→ TO DO: Which lines mention "crates"? Show each one from the listing.

→ TASK INPUTS:
//! What an IDL specification declares: its graph of types, names, interfaces, operations and
//! exceptions.

ghost use Rattle.std.specs.Prelude.{◌≡◌, ◌≢◌, ◌<◌, ◌↔◌, ℕ, All, Contains, length, slice_get, IsSomeAnd, IfNone, IfOk, IfErr, IsTrue, Some};
ghost use Rattle.std.specs.Bool.{OnFalse};
ghost use Rattle.type_model.specs.ModelRules.{AreDeclared, BeginsWithId, IsException, IsFrame, IsInterface, IsModel, IsNamedFrame, IsOperation, parts_of};
ghost use Rattle.type_model.specs.Names.{IsNamed};
ghost use Rattle.type_graph.specs.Refusal.{wants_memory};

use crate::names::{Name, NameTable};
use crate::signatures::{Exception, Interface, Operation};
use std::alloc::Global;
use type_graph::{Graph, GraphFault, Items, Node};

/// The types of a specification with their names, and what it declares beside types.
#[derive(Drop)]
pub struct Model {
    graph: Graph,
    names: NameTable,
    interfaces: Items<Interface>,
    operations: Items<Operation>,
    exceptions: Items<Exception>,
}

impl std::marker::Model for Model {
    ghost use Rattle.type_model.specs.ModelRules.{Parts, IsModel, parts_of};

    ghost Value = { Parts };

    ghost view = { λ m. parts_of m.graph m.names m.interfaces m.operations m.exceptions };

    ghost invariant = { λ m. IsModel (parts_of m.graph m.names m.interfaces m.operations m.exceptions) };
}

fn is_frame(nodes: &[Node], number: u32) -> bool
    ensures { IsTrue result ↔ IsSomeAnd (slice_get nodes.now number) IsFrame }
{
    match nodes.get(number as usize) {
        Some(Node::Frame { .. }) => true,
        _ => false,
    }
}

fn is_unbounded_text(nodes: &[Node], number: u32) -> bool
    ensures { IsTrue result ↔ (slice_get nodes.now number ≡ Some (Node.Text 0)) }
{
    match nodes.get(number as usize) {
        Some(Node::Text { bound }) => *bound == 0,
        _ => false,
    }
}

fn begins_with_id(nodes: &[Node], number: u32) -> bool
    ensures { IsTrue result ↔ BeginsWithId nodes.now number }
{
    match nodes.get(number as usize) {
        Some(Node::Frame { members }) => match members.as_slice().first() {
            Some(first) => is_unbounded_text(nodes, *first),
            None => false,
        },
        _ => false,
    }
}

fn is_named_frame(nodes: &[Node], names: &NameTable, number: u32) -> bool
    ensures { IsTrue result ↔ IsNamedFrame nodes.now names.now number }
{
    is_frame(nodes, number) && names.is_named(number)
}

fn are_below(numbers: &[u32], count: usize) -> bool
    ensures { IsTrue result ↔ All (λ number. number < count) numbers.now }
{
    numbers.iter().all(|number| (*number as usize) < count)
}

fn are_interfaces(interfaces: &[Interface], count: usize) -> bool
    ensures { IsTrue result ↔ All (IsInterface count) interfaces.now }
{
    interfaces.iter().all(|interface| are_below(interface.operations.as_slice(), count))
}

fn is_operation(nodes: &[Node], names: &NameTable, count: usize, operation: &Operation) -> bool
    ensures { IsTrue result ↔ IsOperation nodes.now names.now count operation.now }
{
    is_named_frame(nodes, names, operation.request)
        && is_named_frame(nodes, names, operation.reply)
        && are_below(operation.exceptions.as_slice(), count)
}

fn are_operations(nodes: &[Node], names: &NameTable, count: usize, operations: &[Operation]) -> bool
    ensures { IsTrue result ↔ All (IsOperation nodes.now names.now count) operations.now }
{
    operations
        .iter()
        .all(|operation| is_operation(nodes, names, count, operation))
}

fn is_exception(nodes: &[Node], names: &NameTable, exception: &Exception) -> bool
    ensures { IsTrue result ↔ IsException nodes.now names.now exception.now }
{
    is_named_frame(nodes, names, exception.frame) && begins_with_id(nodes, exception.frame)
}

fn are_exceptions(nodes: &[Node], names: &NameTable, exceptions: &[Exception]) -> bool
    ensures { IsTrue result ↔ All (IsException nodes.now names.now) exceptions.now }
{
    exceptions
        .iter()
        .all(|exception| is_exception(nodes, names, exception))
}

fn are_declared(
    nodes: &[Node],
    names: &NameTable,
    interfaces: &[Interface],
    operations: &[Operation],
    exceptions: &[Exception],
) -> bool
    ensures { IsTrue result ↔ AreDeclared nodes.now names.now interfaces.now operations.now exceptions.now }
{
    are_interfaces(interfaces, operations.len())
        && are_operations(nodes, names, exceptions.len(), operations)
        && are_exceptions(nodes, names, exceptions)
}

impl Model {
    /// The model of just these parts.
    ///
    /// # Errors
    /// `BadNode` where they break a rule of models; or want of memory.
    pub fn new(
        alloc: Global,
        graph: Graph,
        names: Items<(Name, u32)>,
        interfaces: Items<Interface>,
        operations: Items<Operation>,
        exceptions: Items<Exception>,
    ) -> Result<Model, GraphFault>
        ensures kept { IfOk result (λ model. model ≡ parts_of graph names interfaces operations exceptions) }
        ensures rules { IfOk result IsModel }
        ensures refused { IfErr result
            (λ fault. OnFalse (wants_memory fault)
            (IsModel (parts_of graph names interfaces operations exceptions) → ⊥)) }
    {
        let names = NameTable::new(alloc, names, graph.nodes().len())?;
        let nodes = graph.nodes();
        if !are_declared(
            nodes,
            &names,
            interfaces.as_slice(),
            operations.as_slice(),
            exceptions.as_slice(),
        ) {
            return Err(GraphFault::BadNode);
        }
        Ok(Model {
            graph,
            names,
            interfaces,
            operations,
            exceptions,
        })
    }

    pub fn graph(&self) -> &Graph
        ensures value { result.now ≡ self.now.graph }
        ensures rules { IsModel self.now }
    {
        &self.graph
    }

    /// All names with their nodes, in order of declaration.
    pub fn names(&self) -> &NameTable
        ensures value { result.now ≡ self.now.names }
        ensures rules { IsModel self.now }
    {
        &self.names
    }

    pub fn interfaces(&self) -> &[Interface]
        ensures value { result.now ≡ self.now.interfaces }
        ensures rules { IsModel self.now }
    {
        self.interfaces.as_slice()
    }

    pub fn operations(&self) -> &[Operation]
        ensures value { result.now ≡ self.now.operations }
        ensures rules { IsModel self.now }
    {
        self.operations.as_slice()
    }

    pub fn exceptions(&self) -> &[Exception]
        ensures value { result.now ≡ self.now.exceptions }
        ensures rules { IsModel self.now }
    {
        self.exceptions.as_slice()
    }

    /// The node of a name.
    pub fn node_of(&self, name: &str) -> Option<u32>
        ensures found { (node : ℕ) → (result ≡ Some node) ↔ Contains self.now.names (name.now, node) }
        ensures missing { IfNone result (All (λ pair. pair.0 ≢ name.now) self.now.names) }
        ensures rules { IsModel self.now }
    {
        self.names.node_of(name)
    }

    /// Whether some name has this node.
    pub fn is_named(&self, node: u32) -> bool
        ensures value { IsTrue result ↔ IsNamed self.now.names node }
        ensures rules { IsModel self.now }
    {
        self.names.is_named(node)
    }
}
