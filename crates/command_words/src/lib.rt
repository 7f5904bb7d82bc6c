//! The words of a command line, and what they ask for, as `clap` reads them.
#![tactic(auto)]

mod commands;
mod line;
mod matches;
mod mistake;
pub mod requests;
mod spoken;
mod task;

pub use line::parse;
pub use mistake::Mistake;
pub use task::{
    CallTask, DumpTask, Line, ReferenceTask, Said, Service, TableTask, Task, ValueTask,
};
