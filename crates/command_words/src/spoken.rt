//! The words of a line as `clap` is to read them.

ghost use Rattle.std.specs.Prelude.{◌≡◌, ◌++◌, ◌∷◌, codes, IfNone, IfOk, IfSome};
ghost use Rattle.command_words.specs.Spoken.{glued, is_dashed, joined, spoken};
ghost use Rattle.command_words.specs.Words.{texts};

use std::alloc::{AllocError, Global};

/// Words, of which the one before `value` is `--text`.
#[derive(Clone, Copy)]
struct Pieces<'w, 'a> {
    front: &'w [&'a str],
    word: &'a str,
    value: &'a str,
    behind: &'w [&'a str],
}

/// Whether a value begins with a minus, and isn't one alone.
fn is_dashed(word: &str) -> bool
    ensures { result ≡ is_dashed word.now }
{
    word.len() > 1 && word.as_bytes()[0] == b'-'
}

/// The pieces of words, of which those from `--text` on are apart, if its value begins with a minus.
fn pieces_of<'w, 'a>(front: &'w [&'a str], from: &'w [&'a str]) -> Option<Pieces<'w, 'a>>
    ensures front { IfSome result (λ pieces. pieces.front.now ≡ front.now) }
    ensures some { IfSome result (λ pieces. joined (texts from.now)
        ≡ (pieces.word.now ++ codes "=" ++ pieces.value.now) ∷ texts pieces.behind.now) }
    ensures none { IfNone result (joined (texts from.now) ≡ texts from.now) }
{
    match from {
        [word, value, behind @ ..] if is_dashed(value) => Some(Pieces {
            front,
            word,
            value,
            behind,
        }),
        _ => None,
    }
}

/// The pieces of words with a word `--text`, if no word `--` stands before it and its value begins
/// with a minus.
fn text_pieces<'w, 'a>(words: &'w [&'a str]) -> Option<Pieces<'w, 'a>>
    ensures some { IfSome result (λ pieces. glued (texts words.now) ≡ texts pieces.front.now
        ++ ((pieces.word.now ++ codes "=" ++ pieces.value.now) ∷ texts pieces.behind.now)) }
    ensures none { IfNone result (glued (texts words.now) ≡ texts words.now) }
{
    for (place, word) in words.iter().enumerate() {
        if *word == "--text" {
            return pieces_of(&words[..place], &words[place..]);
        }
        if *word == "--" {
            return None;
        }
    }
    None
}

/// An option and its value as one word, which is kept for good, as long as the words of the run.
fn one_word<'a>(alloc: Global, word: &str, value: &str) -> Result<&'a str, AllocError>
    ensures { IfOk result (λ one. one.now ≡ word.now ++ codes "=" ++ value.now) }
{
    let one = Box::new(alloc, format!(in alloc; "{word}={value}")?)?;
    Ok(Box::leak(one).as_str())
}

/// The words of the command, and those behind it with `--text` and its value as one.
fn joined<'a>(
    alloc: Global,
    command: &[&'a str],
    pieces: &Pieces<'_, 'a>,
) -> Result<&'a [&'a str], AllocError>
    ensures { IfOk result (λ words. texts words.now ≡ texts command.now ++ (texts pieces.now.front.now
        ++ ((pieces.now.word.now ++ codes "=" ++ pieces.now.value.now) ∷ texts pieces.now.behind.now))) }
{
    let mut words = Vec::new(alloc);
    words.extend_from_slice(command)?;
    words.extend_from_slice(pieces.front)?;
    words.push(one_word(alloc, pieces.word, pieces.value)?)?;
    words.extend_from_slice(pieces.behind)?;
    Ok(words.leak())
}

/// The words as `clap` is to read them: of the command `encode` a word `--text` and a value that
/// begins with a minus are one.
///
/// # Errors
/// Want of memory.
pub(crate) fn spoken<'a>(alloc: Global, words: &'a [&'a str]) -> Result<&'a [&'a str], AllocError>
    ensures { IfOk result (λ said. texts said.now ≡ spoken (texts words.now)) }
{
    match words.get(1) {
        Some(command) if *command == "encode" => {}
        _ => return Ok(words),
    }
    match text_pieces(&words[2..]) {
        Some(pieces) => joined(alloc, &words[..2], &pieces),
        None => Ok(words),
    }
}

→ ANSWER FOR THIS EXERCISE:
filename crates/command_words/src/lib.rt
filename crates/command_words/src/spoken.rt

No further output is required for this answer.